The Cantata Singers celebrates 40 years of public performances of choral music on September 15, when it performs Schubert’s Mass in B flat, D. 324, at the Kollupitiya Methodist Church at 7 p.m. under the baton of its founder-Director, Satyendra Chellappah. Also included in the programme for the evening are excerpts from Haydn’s oratorio, The Creation.

The first big work performed by the Cantata Singers was Mozart’s ‘Nelson’ Mass which featured Sri Lanka’s musical ‘greats’ of a bygone era – Lylie Godridge, Irangani Goonesinghe and Lorraine Abeysekera. Other major works included Handel’s oratorios Samson and Solomon, Vivaldi’s Gloria and Pergolosi’s Magnificat.

Chellappah’s choice as the main item to mark the Cantata Singers’ 40th year of performance was Schubert’s Mass in B flat, D. 324. Director Chellappah recalls the small beginnings of the Cantata Singers when the group, with only nine singers, gave regular radio broadcasts of four-part sacred and secular songs, madrigals and Negro spirituals.

Schubert’s most important contribution to music was in the field of lieder, considering that he had a profound understanding of the human voice and its ability to convey to the listener every shade of poetic meaning, be it tenderness, drama, or an evocation of nature. Of course he did write music in other genre, including six Masses, one of which is being performed on September 15 for the first time in Sri Lanka.

Schubert was surrounded by the Viennese tradition of music with its folk songs and landler, an Austrian waltz-time dance, and this influenced his style which was criticized by some as being commonplace.

Coming to the composer’s defence, musicologist Richard Campbell argues, “Of the commonplace sensuous experience, Schubert, by force of feeling, made a soaring aspiration of the waltz and hymn tunes.”

One cannot but marvel at the change in style and tempo in each movement of the Mass in B flat-the supplication in the Kyrie, the splendid stirring of the Gloria, and the dramatic treatment of the Credo with its appealing changes in rhythm and key.
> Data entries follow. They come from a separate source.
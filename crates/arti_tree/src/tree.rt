// The rows of the tree and the lists that are kept of them.
ghost use Rattle.std.specs.Prelude.{◌≡◌, ◌≢◌, ◌∷◌, ◌-◌, ◌&&◌, drop, slice_index_or, IfErr, ◌<◌, ◌≤◌, ◌+◌, ◌^◌, vec_len, vec_capacity, List, [], ◌++◌, length, if◌then◌else◌, map, option_map, IfOk, IfSome, IsSome, OnOk, OnErr, Some, None, true, false};
ghost use Rattle.std.specs.Option.{option_map_or, is_none, is_some};
ghost use Rattle.std.specs.List.{All, concat, filter, find};
ghost use Rattle.arti_tree.specs.ByKey.{by_key, KeysOnce};
ghost use Rattle.arti_tree.specs.Pieces.{lists};
ghost use Rattle.arti_tree.specs.Rows.{Row, ids, row_of, row_at, lies_in, lies_beneath, is_of, rank_of, folder_id, with_row, without_row, may_go, HasFolder, IsFolder, IsLive, IsTree};
ghost use Rattle.arti_tree.specs.Ids.{AscendFrom, IsNext, TakesNext};
ghost use Rattle.arti_tree.specs.Slots.{row_with};
ghost use Rattle.arti_tree.specs.Searched.{key};
ghost use Rattle.arti_tree.specs.Adds.{is_end, is_missing, is_file_at, keys_added, put_fault, Adds};
ghost use Rattle.arti_rows.specs.Key.{folders_above, whole_of};
ghost use Rattle.arti_rows.specs.Names.{key_fault};
ghost use Rattle.arti_tree.specs.Chains.{CanAdd, Pushes, PushesNext};
ghost use Rattle.arti_tree.specs.Renames.{AreWithin, is_within, key_for, moved_row, moved_whole, renamed, rename_fault, without_within, StayKeys};

use crate::TreeFault;
use crate::blocks::Blocks;
use crate::copying::{copy_children, copy_ids, copy_repos, copy_slots};
use crate::ids::{add_ready, drop_ascending, drop_id, free_id, push_ready};
use crate::keys::{is_within, moved_key, stays};
use crate::lists::{Children, drop_lists, enter_both, leave_folder, listed, shift_both};
use crate::rekeying::rekey_all;
use crate::removing::fell_all;
use crate::repos::{Repos, ids_of, leave, leave_ascending};
use crate::searching::{cut, place_of};
use crate::slot::{Slot, empty, fill, make_room, slot_of};
use arti_rows::ItemKey;
use std::alloc::{AllocError, Global};
use std::collections::BTreeMap;
use std::marker::Model;

/// The live rows, each a key under an id. Contracts see them as a list that ascends by id.
#[derive(Drop)]
pub struct Tree {
    // By id, those that are gone left empty.
    slots: Vec<Option<Slot>>,
    all: Vec<u32>,
    // By the default order of their keys.
    order: Blocks,
    // The rows that lie in each folder, by its id.
    children: Children,
    repos: Repos,
}

impl Model for Tree {
    ghost use Rattle.std.specs.Prelude.{List};
    ghost use Rattle.arti_tree.specs.Rows.{Row};

    ghost Value = { List Row };

    ghost use Rattle.arti_tree.specs.Slots.{live};
    ghost use Rattle.arti_tree.specs.Kept.{Kept};
    ghost use Rattle.arti_tree.specs.Repos.{list_of};
    ghost use Rattle.arti_tree.specs.Children.{list_at};

    ghost view = { λ t. live 0 t.slots.items };

    ghost invariant = { λ t. Kept t.slots.items t.all.items t.order.items (list_at t.children) (list_of t.repos) };
}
The B flat work is a beautiful example of this style.

Chellappah takes infinite pains to get the best out of the collective as well as the individual voices. Denham Pereira, a talented Organist, is the accompanist with Naveen Fernando (trumpet) and Satish Casie Chetty (violin). The soloists are Erico Perera (soprano), Peshali Yapa (mezzo-soprano), Jaliya Senanayake (tenor), Laknath Seneviratne (bass), Dilani David (soprano) and Asanga Perera (tenor).